September 5, 2012, 05:48 AM
Ive not seen the BBBH before, look (and sound) like decent pistols. Is there a "transfer bar" or other arrangement allowing a 6 round carry? I apologise if I missed it somewhere..
Dude the Jesus grips are a statement... well done, look good <but> each to one's own.. the Prince of Peace on a deadly weapon... I'll need to study on that for awhile! Dun

September 5, 2012, 11:08 PM
The Bounty Hunter does indeed have a transfer bar firing system that allows a full-cylinder carry. This was added when they changed the name from Arminius to Bounty Hunter. The transfer bar has a spring which can cause light hammer strikes with the Wolff springs; which is why I recommended the Wisner. The Bounty Hunter also has recesses for the cartridge rims but the cylinder is 1.75" long so you can seat your bullets out a bit and gain some powder capacity.

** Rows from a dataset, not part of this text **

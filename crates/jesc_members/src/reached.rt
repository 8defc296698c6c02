//! What is above a number in a graph.

ghost use Rattle.std.specs.Prelude.{◌≡◌, ◌↔◌, ◌⊎◌, ◌<◌, ℕ, nat_eq, false, length, IfOk, OnOk};
ghost use Rattle.std.specs.List.{Contains, IsDistinct};
ghost use Rattle.jesc_classes.specs.Order.{Above, IsWithin};
ghost use Rattle.jesc_members.specs.GroupTables.{AreSame, GoesOn};

use jesc_text::{List, OutOfMemory};
use std::alloc::Global;
use std::collections::BTreeSet;

/// All numbers above that one, each once and in no order.
///
/// Answers `OutOfMemory` where there is no room for the walk. The time is in near proportion to the rows of what is found.
pub fn reached(alloc: Global, graph: &[List<u32>], start: u32) -> Result<List<u32>, OutOfMemory>
    requires within { IsWithin graph.now }
    requires start { start < length graph.now }
    ensures all { IfOk result (λ found. (q : ℕ) → Contains found q ↔ Above graph.now start q) }
    ensures once { IfOk result (λ found. IsDistinct nat_eq found) }
{
    let mut met = BTreeSet::new(alloc);
    let mut found = List::new(alloc);
    add_new(graph[start as usize].as_slice(), &mut met, &mut found)?;
    let mut k = 0;
    while k < found.len() {
        let next = found.as_slice()[k];
        add_new(graph[next as usize].as_slice(), &mut met, &mut found)?;
        k += 1;
    }
    Ok(found)
}

/// Adds those numbers that were not met.
fn add_new(
    numbers: &[u32],
    met: &mut BTreeSet<u32>,
    found: &mut List<u32>,
) -> Result<(), OutOfMemory>
    requires { AreSame met.old.keys found.old }
    ensures same { OnOk result (AreSame met.new.keys found.new) }
    ensures on { OnOk result (GoesOn numbers.now found.old found.new) }
{
    for number in numbers {
        if is_new(met, *number)? {
            found.push(*number)?;
        }
    }
    Ok(())
}

/// Adds a number, and answers whether it was not met.
fn is_new(met: &mut BTreeSet<u32>, number: u32) -> Result<bool, OutOfMemory>
    ensures added { OnOk result ((q : ℕ) → Contains met.new.keys q ↔ (Contains met.old.keys q ⊎ (q ≡ number))) }
    ensures old { IfOk result (λ yes. (yes ≡ false) ↔ Contains met.old.keys number) }
{
    if met.contains(&number) {
        return Ok(false);
    }
    match met.insert(number) {
        Ok(_) => Ok(true),
        Err(_) => Err(OutOfMemory),
    }
}
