//! Data groups: which field is in which model field.

ghost use Rattle.std.specs.Prelude.{ℕ, ◌≡◌, ◌↔◌, ◌<◌, ◌^◌, nat_eq, true, length, map, IfOk};
ghost use Rattle.std.specs.List.{Contains, IsDistinct};
ghost use Rattle.jesc_classes.specs.Order.{Above, IsWithin};
ghost use Rattle.jesc_classes.specs.Ranks.{AreRanks};
ghost use Rattle.jesc_members.specs.Fields.{fields_of};
ghost use Rattle.jesc_members.specs.Groups.{IsMember};
ghost use Rattle.jesc_members.specs.Placed.{AreFew};
ghost use Rattle.jesc_members.specs.Seen.{seen_field};

use crate::fields::GivenField;
use crate::grouping::group_graph;
use crate::inherit::Inheritance;
use crate::reached::reached;
use crate::reversed::reversed;
use jesc_classes::{is_on_cycle, ranks};
use jesc_text::{List, OutOfMemory};
use std::alloc::Global;
use std::marker::Model;

/// The model fields that each field is in. Contracts see the list of the given classes alone.
#[derive(Drop)]
pub struct Groups<'a> {
    inheritance: &'a Inheritance<'a>,
    /// Of each field by number, the model fields that it names.
    graph: List<List<u32>>,
    /// Of each field by number, the fields that name it; of others than model fields none.
    named_by: Vec<List<u32>>,
    /// A rank of each field, by which most fields are seen to be on no cycle.
    ranks: List<u32>,
}

impl<'a> Model for Groups<'a> {
    ghost use Rattle.std.specs.Prelude.{List as Items};
    ghost use Rattle.jesc_classes.specs.Headings.{Source};
    ghost use Rattle.jesc_ast.specs.contracts.class.ClassTree as class_tree;
    ghost use Rattle.std.specs.Coded.{codes};
    ghost use Rattle.jesc_members.specs.GroupTables.{AreGroupTables};

    ghost Value = { Items Source };

    ghost coded = { Prim.hlevel (codes, class_tree.the_row.coded) };

    ghost view = { λ g. g.inheritance.now };

    ghost invariant = { λ g. AreGroupTables g.inheritance.now g.graph g.named_by.items g.ranks };
}

impl<'a> Groups<'a> {
    /// The groups of the fields that these classes declare. Answers `OutOfMemory` where there is no room for the lists.
    pub fn new(
        alloc: Global,
        inheritance: &'a Inheritance<'a>,
        fields: &[GivenField<'_>],
    ) -> Result<Groups<'a>, OutOfMemory>
        requires few { AreFew inheritance.now }
        requires fields { map seen_field fields.now ≡ fields_of inheritance.now }
        ensures { IfOk result (λ g. g ≡ inheritance.now) }
    {
        let graph = group_graph(alloc, inheritance, fields)?;
        let named_by = reversed(alloc, graph.as_slice())?;
        let ranks = ranks(alloc, graph.as_slice())?;
        Ok(Groups {
            inheritance,
            graph,
            named_by,
            ranks,
        })
    }

    /// Whether the field of this number is a member of itself.
    ///
    /// Answers `OutOfMemory` where there is no room for the walk.
    pub fn is_on_cycle(&self, alloc: Global, field: u32) -> Result<bool, OutOfMemory>
        requires { field < length (fields_of self.now) }
        ensures { IfOk result (λ yes. (yes ≡ true) ↔ IsMember self.now field field) }
    {
        is_above_itself(alloc, self.graph.as_slice(), self.ranks.as_slice(), field)
    }

    /// The numbers of all members of the field of this number, direct or not, each once and in no order.
    ///
    /// Answers `OutOfMemory` where there is no room for the walk. The time is in proportion to the members' own groups.
    pub fn members(&self, alloc: Global, field: u32) -> Result<List<u32>, OutOfMemory>
        requires { field < length (fields_of self.now) }
        ensures all { IfOk result (λ members. (f : ℕ) → Contains members f ↔ IsMember self.now f field) }
        ensures once { IfOk result (λ members. IsDistinct nat_eq members) }
    {
        reached(alloc, self.named_by.as_slice(), field)
    }
}

/// Whether a number is above itself.
fn is_above_itself(
    alloc: Global,
    graph: &[List<u32>],
    ranks: &[u32],
    number: u32,
) -> Result<bool, OutOfMemory>
    requires few { length graph.now < 2 ^ 32 }
    requires within { IsWithin graph.now }
    requires ranks { AreRanks graph.now ranks.now }
    requires number { number < length graph.now }
    ensures { IfOk result (λ yes. (yes ≡ true) ↔ Above graph.now number number) }
{
    for above in graph[number as usize].as_slice() {
        if is_on_cycle(alloc, graph, ranks, number, *above)? {
            return Ok(true);
        }
    }
    Ok(false)
}
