//! Labels: what the items of a table are found by.

ghost use Rattle.std.specs.Prelude.{◌≡◌, map, Some, IfOk};
ghost use Rattle.jesc_meanings.specs.Labels.{class_label, field_label, method_label, seen};

use jesc_text::{List, OutOfMemory};
use jesc_tree::{Class, Field, Method};
use std::alloc::Global;

/// A name and a number: of a method that of its parameters, of a class or field 0.
#[derive(Drop, Clone, Copy)]
pub struct Label<'a> {
    pub name: &'a [u8],
    pub count: usize,
}

/// The labels of these classes. Answers `OutOfMemory` where there is no room for the list.
pub fn class_labels<'a>(
    alloc: Global,
    classes: &'a [Class],
) -> Result<List<Option<Label<'a>>>, OutOfMemory>
    ensures { IfOk result (λ labels. map seen labels ≡ map class_label classes.now) }
{
    let mut labels = List::new(alloc);
    for class in classes {
        labels.push(Some(named(class.name.as_slice())))?;
    }
    Ok(labels)
}

/// The labels of these fields. Answers `OutOfMemory` where there is no room for the list.
pub fn field_labels<'a>(
    alloc: Global,
    fields: &'a [Field],
) -> Result<List<Option<Label<'a>>>, OutOfMemory>
    ensures { IfOk result (λ labels. map seen labels ≡ map field_label fields.now) }
{
    let mut labels = List::new(alloc);
    for field in fields {
        labels.push(Some(named(field.name.as_slice())))?;
    }
    Ok(labels)
}

/// The labels of these methods, of which constructors have none. Answers `OutOfMemory` where there is no room for the list.
pub fn method_labels<'a>(
    alloc: Global,
    methods: &'a [Method],
) -> Result<List<Option<Label<'a>>>, OutOfMemory>
    ensures { IfOk result (λ labels. map seen labels ≡ map method_label methods.now) }
{
    let mut labels = List::new(alloc);
    for method in methods {
        labels.push(label_of(method))?;
    }
    Ok(labels)
}

/// The label of the method; a constructor has none.
fn label_of(method: &Method) -> Option<Label<'_>>
    ensures { seen result ≡ method_label method.now }
{
    if method.is_constructor {
        return None;
    }
    Some(Label {
        name: method.name.as_slice(),
        count: method.params.len(),
    })
}

/// The label of what is found by its name alone.
fn named(name: &[u8]) -> Label<'_>
    ensures { seen (Some result) ≡ Some (name.now, 0) }
{
    Label { name, count: 0 }
}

I forgot to mention John Taffin and Paco Kelly use these "working man's" sixshooters.

captain awesome
September 6, 2012, 08:34 PM
I have never owned one, but I made a holster for one that a friends dad owned. That particular gun had a lock up problem. As soon as the hammer fell the cylinder would unlock and rotate on its own. It did not seem safe to shoot to me. Now, I don't know what kind of loads had been fired through it, or how many, or even how the gun had been handled to that point, so take it this info for what it's worth. I can't say it would prevent me from purchasing one if I had an interest (I have way too many 44 mags as it is), but I would research thoroughly to see if it was a fluke or a more common problem.